Bagi warga Sundarbans, yang hidup di delta sungai besar di pantai utara Teluk Benggala, tiada hewan yang lebih menakutkan ketimbang harimau.
Bahkan menyebut kata harimau pun penduduk desa bisa panik.
Jurnalis BBC, Candida Beveridge, bertanya kepada seorang nelayan setempat soal harimau. Begitu mendengar kata "harimau", dia segera mengemasi kepiting-kepiting dan pergi tanpa sepatah kata pun.
"Jika Anda berbicara tentang harimau, maka hewan itu akan datang," kata tukang perahu yang membawa Beveridge. "Itulah sebabnya."
Hampir semua orang di kawasan itu pernah terpapar oleh serangan harimau dengan berbagai cara.
Air mata
Antara tahun 2006 dan 2008 beberapa orang telah tewas di Joymoni, sebuah desa kecil di tepi Sungai Pasyhur, yang berbatasan dengan hutan.

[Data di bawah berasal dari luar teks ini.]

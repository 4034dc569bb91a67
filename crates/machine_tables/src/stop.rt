//! Why the machine stops.
ghost use Rattle.std.specs.Prelude.{◌≡◌, Some};
ghost use Rattle.machine_tables.specs.Stop.{stop_number, stop_name};

use std::fmt;
use thiserror::Error;

/// Why the machine stops, by its number. All but the first two leave the machine as it was before the instruction.
#[derive(Clone, Copy, Debug, PartialEq, Eq, Error)]
pub enum Stop {
    /// 1: as many instructions as were asked for were carried out.
    Limit = 1,
    /// 2: a halt was carried out.
    Halt = 2,
    /// 3: the hopper is empty.
    Reader = 3,
    /// 4: 500 printed lines are not yet taken.
    Forms = 4,
    /// 5: 500 punched cards are not yet taken.
    Stacker = 5,
    /// 6: no instruction begins at the I register: the place isn't in core, or has no word mark.
    NoMark = 6,
    /// 7: the character is no operation.
    OpCode = 7,
    /// 8: the operation has no such length.
    Length = 8,
    /// 9: a place that the operation needs isn't in core, or a field that it needs has no word mark.
    Address = 9,
    /// 10: the fields overlap where they may not.
    Overlap = 10,
    /// 11: the carriage was to skip to a channel without a hole.
    Carriage = 11,
    /// 12: the operation belongs to a feature that this machine hasn't got.
    NotFitted = 12,
    /// 13: the d-character means nothing to the operation.
    DChar = 13,
    /// 14: the tape unit has no reel, or its reel can't be used so.
    Tape = 14,
}

impl Stop {
    /// The number.
    pub fn number(self) -> u8
        ensures { result ≡ stop_number self }
    {
        self as u8
    }

    /// The name.
    pub fn name(self) -> &'static str
        ensures { result.now ≡ stop_name self }
    {
        match self {
            Stop::Limit => "LIMIT",
            Stop::Halt => "HALT",
            Stop::Reader => "READER",
            Stop::Forms => "FORMS",
            Stop::Stacker => "STACKER",
            Stop::NoMark => "NOMARK",
            Stop::OpCode => "OPCODE",
            Stop::Length => "LENGTH",
            Stop::Address => "ADDRESS",
            Stop::Overlap => "OVERLAP",
            Stop::Carriage => "CARRIAGE",
            Stop::NotFitted => "NOTFITTED",
            Stop::DChar => "DCHAR",
            Stop::Tape => "TAPE",
        }
    }
}

impl fmt::Display for Stop {
    ghost output = { λ stop. Some (stop_name stop) };

    fn fmt<W: fmt::Write>(&self, f: &mut fmt::Formatter<W>) -> fmt::Result {
        f.write_str(self.name())
    }
}
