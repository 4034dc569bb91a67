//! The mnemonics, as columns 16 to 20 of a source line have them: one for each operation of this machine, then those
//! that say a d-character or the kind of one, and then those of features that this machine hasn't got.

/// `A`.
pub const ADD: [u8; 5] = *b"A    ";

/// `S`.
pub const SUBTRACT: [u8; 5] = *b"S    ";

/// `?`.
pub const ZERO_ADD: [u8; 5] = *b"ZA   ";

/// `!`.
pub const ZERO_SUBTRACT: [u8; 5] = *b"ZS   ";

/// `M`.
pub const MOVE: [u8; 5] = *b"MCW  ";

/// `L`.
pub const LOAD: [u8; 5] = *b"LCA  ";

/// `D`.
pub const MOVE_DIGIT: [u8; 5] = *b"MN   ";

/// `Y`.
pub const MOVE_ZONE: [u8; 5] = *b"MZ   ";

/// `,`.
pub const SET_WORD_MARK: [u8; 5] = *b"SW   ";

/// `)`.
pub const CLEAR_WORD_MARK: [u8; 5] = *b"CW   ";

/// `/`.
pub const CLEAR_STORAGE: [u8; 5] = *b"CS   ";

/// `C`.
pub const COMPARE: [u8; 5] = *b"C    ";

/// `Z`.
pub const ZERO_SUPPRESS: [u8; 5] = *b"MCS  ";

/// `E`.
pub const EDIT: [u8; 5] = *b"MCE  ";

/// `B`.
pub const BRANCH: [u8; 5] = *b"B    ";

/// `V`.
pub const BRANCH_ON_CELL: [u8; 5] = *b"BWZ  ";

/// `Q`.
pub const STORE_A: [u8; 5] = *b"SAR  ";

/// `H`.
pub const STORE_B: [u8; 5] = *b"SBR  ";

/// `N`.
pub const NO_OPERATION: [u8; 5] = *b"NOP  ";

/// `.`.
pub const HALT: [u8; 5] = *b"H    ";

/// `K`.
pub const SELECT_STACKER: [u8; 5] = *b"SS   ";

/// `1`.
pub const READ_CARD: [u8; 5] = *b"R    ";

/// `2`.
pub const WRITE_LINE: [u8; 5] = *b"W    ";

/// `3`.
pub const WRITE_AND_READ: [u8; 5] = *b"WR   ";

/// `4`.
pub const PUNCH_CARD: [u8; 5] = *b"P    ";

/// `5`.
pub const READ_AND_PUNCH: [u8; 5] = *b"RP   ";

/// `6`.
pub const WRITE_AND_PUNCH: [u8; 5] = *b"WP   ";

/// `7`.
pub const WRITE_READ_AND_PUNCH: [u8; 5] = *b"WRP  ";

/// `F`.
pub const CONTROL_CARRIAGE: [u8; 5] = *b"CC   ";

/// `B` with two addresses and a d-character.
pub const BRANCH_ON_CHARACTER: [u8; 5] = *b"BCE  ";

/// `B` with the letter of a sense switch.
pub const BRANCH_ON_SWITCH: [u8; 5] = *b"BSS  ";

/// `B` with `/`.
pub const BRANCH_UNEQUAL: [u8; 5] = *b"BU   ";

/// `B` with `Z`.
pub const BRANCH_OVERFLOW: [u8; 5] = *b"BAV  ";

/// `B` with `A`.
pub const BRANCH_LAST_CARD: [u8; 5] = *b"BLC  ";

/// `B` with `9`.
pub const BRANCH_CHANNEL_NINE: [u8; 5] = *b"BC9  ";

/// `B` with `@`.
pub const BRANCH_CHANNEL_TWELVE: [u8; 5] = *b"BCV  ";

/// `B` with `S`.
pub const BRANCH_EQUAL: [u8; 5] = *b"BE   ";

/// `B` with `T`.
pub const BRANCH_LOW: [u8; 5] = *b"BL   ";

/// `B` with `U`.
pub const BRANCH_HIGH: [u8; 5] = *b"BH   ";

/// `V` with `1`.
pub const BRANCH_ON_WORD_MARK: [u8; 5] = *b"BW   ";

/// `2` with `)`.
pub const WRITE_WORD_MARKS: [u8; 5] = *b"WM   ";

/// `@`.
pub const MULTIPLY: [u8; 5] = *b"M    ";

/// `%`.
pub const DIVIDE: [u8; 5] = *b"D    ";

/// `U`.
pub const CONTROL_UNIT: [u8; 5] = *b"CU   ";

/// `8`.
pub const START_READ_FEED: [u8; 5] = *b"SRF  ";

/// `9`.
pub const START_PUNCH_FEED: [u8; 5] = *b"SPF  ";

/// `P`.
pub const MOVE_RECORD: [u8; 5] = *b"MCM  ";

/// `X`.
pub const MOVE_AND_INSERT_ZEROS: [u8; 5] = *b"MIZ  ";

/// `W`.
pub const BRANCH_ON_BIT: [u8; 5] = *b"BBE  ";

/// `#`.
pub const MODIFY_ADDRESS: [u8; 5] = *b"MA   ";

Dalam salah satu serangan, harimau menerobos dinding bambu sebuah gubuk di tengah malam dan menyambar seorang perempuan berusia 83 tahun.

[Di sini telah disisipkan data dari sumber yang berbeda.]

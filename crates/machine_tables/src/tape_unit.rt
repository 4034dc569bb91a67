//! Tape units as instructions name them.
ghost use Rattle.std.specs.Prelude.{◌≡◌};
ghost use Rattle.machine_tables.specs.TapeUnit.{unit_named};

/// How many tape units there are.
pub const TAPE_UNITS: u8 = 6;

/// A tape unit as an instruction names it (A24-1403, "Magnetic Tape", from memory).
#[derive(Clone, Copy, Debug, PartialEq, Eq)]
pub struct TapeUnit {
    /// Its number, 1 to 6.
    pub number: u8,
    /// Whether what is read and written has odd parity: `%B1` and not `%U1`.
    pub is_odd: bool,
}

/// The unit of a name of these graphics: `%U1` to `%U6`, or `%B1` to `%B6`. `None` if it is none.
pub fn tape_unit_named(first: u8, second: u8, third: u8) -> Option<TapeUnit>
    ensures { result ≡ unit_named first second third }
{
    if first == b'%' && (second == b'U' || second == b'B') && b'1' <= third && third <= b'6' {
        return Some(TapeUnit {
            number: third - b'0',
            is_odd: second == b'B',
        });
    }
    None
}
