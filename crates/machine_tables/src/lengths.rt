//! The lengths of instructions, and how many characters of one are looked at.
ghost use Rattle.std.specs.Prelude.{◌≡◌, ◌==◌, ◌<◌, ◌≤◌};
ghost use Rattle.std.specs.List.{list_any};
ghost use Rattle.machine_tables.specs.Row.{lengths_in, looked_at};

use bcd_1401::Char;

/// The lengths that instructions have. An address takes three characters.
#[derive(Clone, Copy, PartialEq, Eq)]
pub(crate) enum Lengths {
    /// None at all.
    NoLength,
    /// 1 and 4: no address, or one.
    ToOne,
    /// 1, 4 and 7: no address, one or two.
    ToTwo,
    /// 4: one address.
    One,
    /// 4, 5 and 8: one address; one or two and a d-character.
    OneOrD,
    /// 2 and 5: a d-character, and no address or one.
    WithD,
    /// 1, 2, 4 and 5: no address or one, and a d-character or none.
    MayHaveD,
    /// 8: two addresses and a d-character.
    TwoAndD,
    /// 1 to 8.
    ToEight,
}

impl Lengths {
    /// Whether this is one of them.
    pub(crate) fn has(self, len: u32) -> bool
        ensures { result ≡ list_any (λ each. each == len) (lengths_in self) }
    {
        match self {
            Lengths::NoLength => false,
            Lengths::ToOne => len == 1 || len == 4,
            Lengths::ToTwo => len == 1 || len == 4 || len == 7,
            Lengths::One => len == 4,
            Lengths::OneOrD => len == 4 || len == 5 || len == 8,
            Lengths::WithD => len == 2 || len == 5,
            Lengths::MayHaveD => len == 1 || len == 2 || len == 4 || len == 5,
            Lengths::TwoAndD => len == 8,
            Lengths::ToEight => 1 <= len && len <= 8,
        }
    }
}

/// How many characters of an instruction are looked at.
#[derive(Clone, Copy, PartialEq, Eq)]
pub(crate) enum Looked {
    /// Up to eight.
    Eight,
    /// Up to seven.
    Seven,
    /// Four before a blank, and else up to eight.
    ByFifth,
}

impl Looked {
    /// How many characters are looked at, by the fifth of them.
    pub(crate) fn up_to(self, fifth: Char) -> u16
        ensures value { result ≡ looked_at self fifth }
        ensures some { 0 < result }
        ensures most { result ≤ 8 }
    {
        match self {
            Looked::Eight => 8,
            Looked::Seven => 7,
            Looked::ByFifth => { if fifth == Char::BLANK { 4 } else { 8 } }
        }
    }
}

Anaknya, Krisnopodo Mondol, yang berusia 60-an tahun, mendengar jeritannya.
"Saya membuka pintu dan berlari ke tempat tidur ibu saya, tapi ibu saya tidak ada," katanya.

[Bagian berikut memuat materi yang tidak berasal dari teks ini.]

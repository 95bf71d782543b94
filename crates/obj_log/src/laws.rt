ghost use Rattle.obj_log.specs.Laws.{NewListBeginsStream, RoomKeepsStreamOfList, AddingKeepsStreamOfList};
ghost use Rattle.obj_log.specs.Laws.{SealingKeepsStreamOfList, SealingCopyKeepsStreamOfList};
ghost use Rattle.obj_log.specs.Laws.{SealingCheckpointKeepsStreamOfList, AdoptingCopyKeepsStreamOfList};
ghost use Rattle.obj_log.specs.Laws.{RemovalsKeepStreamOfList};
ghost use Rattle.obj_log.specs.Laws.{JobsKeepStreamOfList, DoneKeepsStreamOfList, AdoptingKeepsStreamOfList};
ghost use Rattle.obj_log.specs.ImageLaws.{NewListHasBlank, RoomKeepsImageOfList, AddingKeepsImageOfList};
ghost use Rattle.obj_log.specs.ImageLaws.{SealingKeepsImageOfList, SealingCopyKeepsImageOfList};
ghost use Rattle.obj_log.specs.ImageLaws.{JobsKeepImageOfList, DoneMakesImageOfList};
ghost use Rattle.obj_log.specs.ImageLaws.{AdoptingMakesImageOfList, AdoptingCopyKeepsImageOfList};

/// A law: a list that was just made, or began with a checkpoint, is that of a stream without entries and
/// objects. It stays that of a stream while nothing changes but room, while entries are added, the first of
/// them, copies and checkpoints are sealed, puts begin, fail and are done, in any order, objects are pinned,
/// and removals begin, fail and are done, and while objects of the next entries, and copies, are adopted.
pub fn the_list_stays_a_stream()
    ensures begins { NewListBeginsStream }
    ensures same { RoomKeepsStreamOfList }
    ensures added { AddingKeepsStreamOfList }
    ensures sealed { SealingKeepsStreamOfList }
    ensures copied { SealingCopyKeepsStreamOfList }
    ensures checkpoint { SealingCheckpointKeepsStreamOfList }
    ensures removals { RemovalsKeepStreamOfList }
    ensures jobs { JobsKeepStreamOfList }
    ensures done { DoneKeepsStreamOfList }
    ensures adopted { AdoptingKeepsStreamOfList }
    ensures copy_adopted { AdoptingCopyKeepsStreamOfList }
{}

/// A law: the objects of a list that was just made have the image of zeros. They keep it while nothing
/// changes but room, while entries are added and sealed, while copies are sealed, and while puts begin and
/// fail. By a put that is done, and by an object that is adopted, it becomes the image after the entries of
/// the objects that are settled then, where the receipts are for the objects' own bytes, and copies have the
/// sectors of their sources.
pub fn the_objects_have_an_image()
    ensures begins { NewListHasBlank }
    ensures same { RoomKeepsImageOfList }
    ensures added { AddingKeepsImageOfList }
    ensures sealed { SealingKeepsImageOfList }
    ensures copied { SealingCopyKeepsImageOfList }
    ensures jobs { JobsKeepImageOfList }
    ensures done { DoneMakesImageOfList }
    ensures adopted { AdoptingMakesImageOfList }
    ensures copy_adopted { AdoptingCopyKeepsImageOfList }
{}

"Yang saya lihat hanya tempat tidur yang kosong. Saya tidak bisa menemukannya di mana pun. Saya membuka pintu ke beranda dan di bawah sinar bulan saya melihat ibu saya. Dia terluka parah terbaring di tanah, bajunya berserakan di sekelilingnya."
Air mata mengalir di wajah Krisnopodo. Pada satu titik dia begitu diliputi kesedihan, dia tidak bisa bicara.
Dia mengambil foto ibunya dari dinding dan memandanginya dengan rasa tidak percaya. Dia lalu melanjutkan.
"Harimau itu menyerang ibu saya di sisi kiri kepalanya. Tengkoraknya rusak. Dia masih bernapas, tetapi tak sadarkan diri." Tak lama kemudian dia meninggal.